**Exercise details**
From the entries below, list each line with "first".

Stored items

────────────────────────────────────────

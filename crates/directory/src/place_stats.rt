//! What stands at the places of a directory: how many entries a directory has is told by the first
//! pages of its nodes.
ghost use Rattle.std.specs.Prelude.{◌≡◌, ◌+◌, ◌≤◌, List, length, map, Some, IfOk, IfErr};
ghost use Rattle.fs_types.specs.declared.limits.TheConstants.{NODE_ENTRIES};
ghost use Rattle.nodes.specs.Faults.{IsLookFault};
ghost use Rattle.nodes.specs.Words.{Looks};
ghost use Rattle.node_format.specs.Items.{Item};
ghost use Rattle.node_format.specs.Links.{Link};
ghost use Rattle.nodes.specs.Chains.{link_of, link_items, items_in, next_of, chain};
ghost use Rattle.nodes.specs.Trees.{entries_in};
ghost use Rattle.directory.specs.Places as spec;

use crate::lookups::MOST_AFTER;
use fs_types::{Fault, Name, Sequence, Stat};
use node_format::{Place, front_count};
use nodes::Nodes;
use std::alloc::Global;

/// How many entries the node in a block has, at most 32, and the block of the node after it, 0 where
/// none comes, of a node of a directory: its first page tells it.
fn count_front<N: Nodes>(nodes: &mut N, block: u32) -> Result<(usize, u32), Fault>
    requires sound { N.is_sound nodes.old }
    requires node { (l : Link) × (link_of (N.node nodes.old block) ≡ Some l) }

    // What was found.
    ensures counted { IfOk result (λ c. (length (link_items (N.node nodes.old block)) ≡ c.0) × (next_of (N.node nodes.old block) ≡ c.1)) }
    ensures few { IfOk result (λ c. c.0 ≤ NODE_ENTRIES) }

    // Why not, and what is read: one page.
    ensures refused { IfErr result (λ fault. IsLookFault fault × N.causes nodes.old nodes.new fault) }
    ensures looks { Looks N.Nodes nodes.old nodes.new }
    ensures asks { N.asked nodes.new ≤ N.asked nodes.old + 1 }
{
    nodes.front(block)?;
    let Some((count, next)) = front_count(nodes.fronted()) else {
        unreachable!()
    };
    Ok((count as usize, next))
}

/// The number of entries of the directory that begins in a block. The first page is read of each of its
/// nodes.
fn count_fronts<N: Nodes>(nodes: &mut N, block: u32) -> Result<usize, Fault>
    requires sound { N.is_sound nodes.old }
    requires whole { (items : List Item) × (entries_in (N.node nodes.old) block ≡ Some items) }

    // What was found.
    ensures count { IfOk result (λ count. count ≡ length (items_in (N.node nodes.old) block)) }

    // Why not, and what is read: one page a node.
    ensures refused { IfErr result (λ fault. IsLookFault fault × N.causes nodes.old nodes.new fault) }
    ensures looks { Looks N.Nodes nodes.old nodes.new }
    ensures asks { N.asked nodes.new ≤ N.asked nodes.old + length (chain (N.node nodes.old) block) }
{
    let (mut count, mut next) = count_front(nodes, block)?;
    for _ in 0..MOST_AFTER {
        if next == 0 {
            return Ok(count);
        }
        let (more, after) = count_front(nodes, next)?;
        count += more;
        next = after;
    }
    Ok(count)
}

/// What stands at a place.
fn stat_of<N: Nodes>(nodes: &mut N, place: Place) -> Result<Stat, Fault>
    requires sound { N.is_sound nodes.old }
    requires begins { spec.Begins (N.node nodes.old) place }

    // What stands there.
    ensures stat { IfOk result (λ stat. stat ≡ spec.stat_of (N.node nodes.old) place) }

    // Why not, and what is read: one page of each node of a directory.
    ensures refused { IfErr result (λ fault. IsLookFault fault × N.causes nodes.old nodes.new fault) }
    ensures looks { Looks N.Nodes nodes.old nodes.new }
    ensures asks { N.asked nodes.new ≤ N.asked nodes.old + spec.nodes_of (N.node nodes.old) place }
{
    match place {
        Place::Dir { block } => Ok(Stat::Dir(count_fronts(nodes, block)? as u64)),
        Place::File { length, .. } => Ok(Stat::File(length as u64)),
    }
}

/// Names, each with what stands at its place. The first page is read of each node of the directories
/// among the places, and nothing else.
///
/// Refused with `NoMemory`, and with what a read is refused with, but never with `Damaged`.
pub fn stats<N: Nodes>(
    alloc: Global,
    nodes: &mut N,
    places: &[(Name, Place)],
) -> Result<Sequence<(Name, Stat)>, Fault>
    requires sound { N.is_sound nodes.old }
    requires begin { spec.AllBegin (N.node nodes.old) places.now }

    // What stands there.
    ensures stats { IfOk result (λ entries. entries ≡ map (spec.with_stat (N.node nodes.old)) places.now) }

    // Why not, and what is read: one page of each node of these directories.
    ensures refused { IfErr result (λ fault. IsLookFault fault × N.causes nodes.old nodes.new fault) }
    ensures looks { Looks N.Nodes nodes.old nodes.new }
    ensures asks { N.asked nodes.new ≤ N.asked nodes.old + spec.nodes_of_all (N.node nodes.old) places.now }
{
    let mut entries = Sequence::new(alloc);
    for (name, place) in places {
        let stat = stat_of(nodes, *place)?;
        entries.push((name.clone()?, stat))?;
    }
    Ok(entries)
}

────────────────────────────────────────

**Worked solution**
//! What stands at the places of a directory: how many entries a directory has is told by the first
/// none comes, of a node of a directory: its first page tells it.
/// The number of entries of the directory that begins in a block. The first page is read of each of its
/// Names, each with what stands at its place. The first page is read of each node of the directories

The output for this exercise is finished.